*** RECORDS FOR THE EXERCISE ***

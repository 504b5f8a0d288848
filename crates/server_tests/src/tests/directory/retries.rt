// Letters whose topic refuses them: they are tried again by time, and by nothing else.
use super::broker::Broker;
use super::letters::{GRAVE, T, check_letters, die, play};
use super::world::{Scene, asked, open, sit, with_rows};
use delivery_machine::Reply;
use session_links::Request;
use std::process::Abort;
use std::rt::Clock;
use std::sync::Wait;
use std::test::*;
use std::thread;
use std::time::Duration;

/// By this name the courier is a producer at the dead-letter topic.
const COURIER: &str = "producer dlq/public/default/t/s -";

/// The thread's tasks and its courier's steps until there are none: how many there were.
fn do_all<D: Broker, R: Wait + Clock>(rt: &R, topics: &D, errands: &mut D::Tasks) -> u32 {
    for count in 0..100 {
        if !topics.keep_once(rt, errands) {
            return count;
        }
    }
    100
}

/// So many messages are published at the source, each of which is stored: how many tasks and steps there were.
fn store_often<D: Broker, R: Abort + AllocGlobal + Wait + Clock>(
    rt: &R,
    topics: &D,
    errands: &mut D::Tasks,
    times: u32,
) -> u32 {
    let seat = sit(rt, topics, T);
    play(rt, topics, &seat, &["producer q -"]);
    let mut tasks: u32 = 0;
    for number in 0..times {
        let line = format!(in rt.alloc(); "publish 2 {number} - aGk= 2000").expect(rt, "no memory");
        drop(asked(rt, topics, &seat, line.as_str()));
        tasks = tasks.saturating_add(do_all(rt, topics, errands));
    }
    topics.detach(rt, seat);
    tasks
}

/// Whether no letter is left at the source.
fn has_moved<D: Broker, R: Abort + AllocGlobal + Wait>(rt: &R, topics: &D) -> bool {
    let seat = sit(rt, topics, T);
    let left = asked(rt, topics, &seat, "deadnext s");
    let is_none = matches!(left, Reply::NoDead);
    drop(left);
    topics.detach(rt, seat);
    is_none
}

/// A second at most, in which nobody asks for anything that changes a topic: whether the letter is moved in it.
fn moves_in_time<D: Broker, R: Abort + AllocGlobal + Wait + Clock>(
    rt: &R,
    topics: &D,
    errands: &mut D::Tasks,
) -> bool {
    for _ in 0..50 {
        do_all(rt, topics, errands);
        if has_moved(rt, topics) {
            return true;
        }
        thread::sleep(rt, Duration::from_millis(20));
    }
    false
}

/// The letter stays while it is refused, and is not tried at each store.
fn check_stays<D: Broker, R: Abort + AllocGlobal + Wait + Clock>(
    rt: &R,
    topics: &D,
    errands: &mut D::Tasks,
) {
    do_all(rt, topics, errands);
    let tasks = store_often(rt, topics, errands, 20);
    assert!(rt; tasks < 40, "{tasks} tasks for 20 stores");
    assert!(rt; !has_moved(rt, topics));
}

/// It moves once it is not refused any more, and the courier leaves no producer behind.
fn check_moves<D: Broker, R: Abort + AllocGlobal + Wait + Clock>(
    rt: &R,
    topics: &D,
    errands: &mut D::Tasks,
) {
    assert!(rt; moves_in_time(rt, topics, errands), "the letter lies");
    check_letters(rt, topics);
    let seat = sit(rt, topics, GRAVE);
    play(rt, topics, &seat, &[COURIER]);
    topics.detach(rt, seat);
}

/// The dead-letter topic has no free seat.
struct Full;

impl Scene for Full {
    fn play<D: Broker, R: Abort + AllocGlobal + Wait + Clock>(&self, rt: &R, keeper: D::Rows) {
        let topics: D = open(rt, keeper, 2);
        let (one, other) = (sit(rt, &topics, GRAVE), sit(rt, &topics, GRAVE));
        die(rt, &topics);
        let mut errands = D::tasks(rt);
        check_stays(rt, &topics, &mut errands);
        topics.detach(rt, one);
        topics.detach(rt, other);
        check_moves(rt, &topics, &mut errands);
        drop(errands);
        drop(topics);
    }
}

#[test]
fn a_letter_for_a_full_topic_is_tried_again(rt: HostRuntime) {
    with_rows(&rt, &Full);
}

/// Somebody else is at the dead-letter topic by the courier's name.
struct Taken;

fn give_up<D: Broker, R: Abort + AllocGlobal + Wait>(rt: &R, topics: &D, seat: D::Seat) {
    play(rt, topics, &seat, &["drop 1"]);
    topics.detach(rt, seat);
}

impl Scene for Taken {
    fn play<D: Broker, R: Abort + AllocGlobal + Wait + Clock>(&self, rt: &R, keeper: D::Rows) {
        let topics: D = open(rt, keeper, 8);
        let seat = sit(rt, &topics, GRAVE);
        play(rt, &topics, &seat, &[COURIER]);
        die(rt, &topics);
        let mut errands = D::tasks(rt);
        check_stays(rt, &topics, &mut errands);
        give_up(rt, &topics, seat);
        check_moves(rt, &topics, &mut errands);
        drop(errands);
        drop(topics);
    }
}

#[test]
fn a_letter_whose_courier_is_refused_is_tried_again(rt: HostRuntime) {
    with_rows(&rt, &Taken);
}

/// The dead-letter topic is deleted after so many tasks of the thread and steps of its courier.
#[derive(Clone, Copy)]
struct Deletion {
    steps: u32,
}

impl Scene for Deletion {
    fn play<D: Broker, R: Abort + AllocGlobal + Wait + Clock>(&self, rt: &R, keeper: D::Rows) {
        let topics: D = open(rt, keeper, 4);
        die(rt, &topics);
        let mut errands = D::tasks(rt);
        for _ in 0..self.steps {
            topics.keep_once(rt, &mut errands);
        }
        let seat = sit(rt, &topics, GRAVE);
        drop(topics.call(rt, &seat, Request::DeleteTopic));
        topics.detach(rt, seat);
        let moves = moves_in_time(rt, &topics, &mut errands);
        assert!(rt; moves, "the letter lies, after {} steps", self.steps);
        drop(errands);
        drop(topics);
    }
}

#[test]
fn a_letter_goes_on_whose_topic_is_deleted_meanwhile(rt: HostRuntime) {
    for steps in 0..16 {
        with_rows(&rt, &Deletion { steps });
    }
}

***

> **TASK BRIEF**
Produce only the lines from the line containing "if has_moved(rt, topics)" through the line containing "at each store.", inclusive of both, exactly as they stand in the entries above.

> **SOLUTION**
        if has_moved(rt, topics) {
            return true;
        }
        thread::sleep(rt, Duration::from_millis(20));
    }
    false
}

/// The letter stays while it is refused, and is not tried at each store.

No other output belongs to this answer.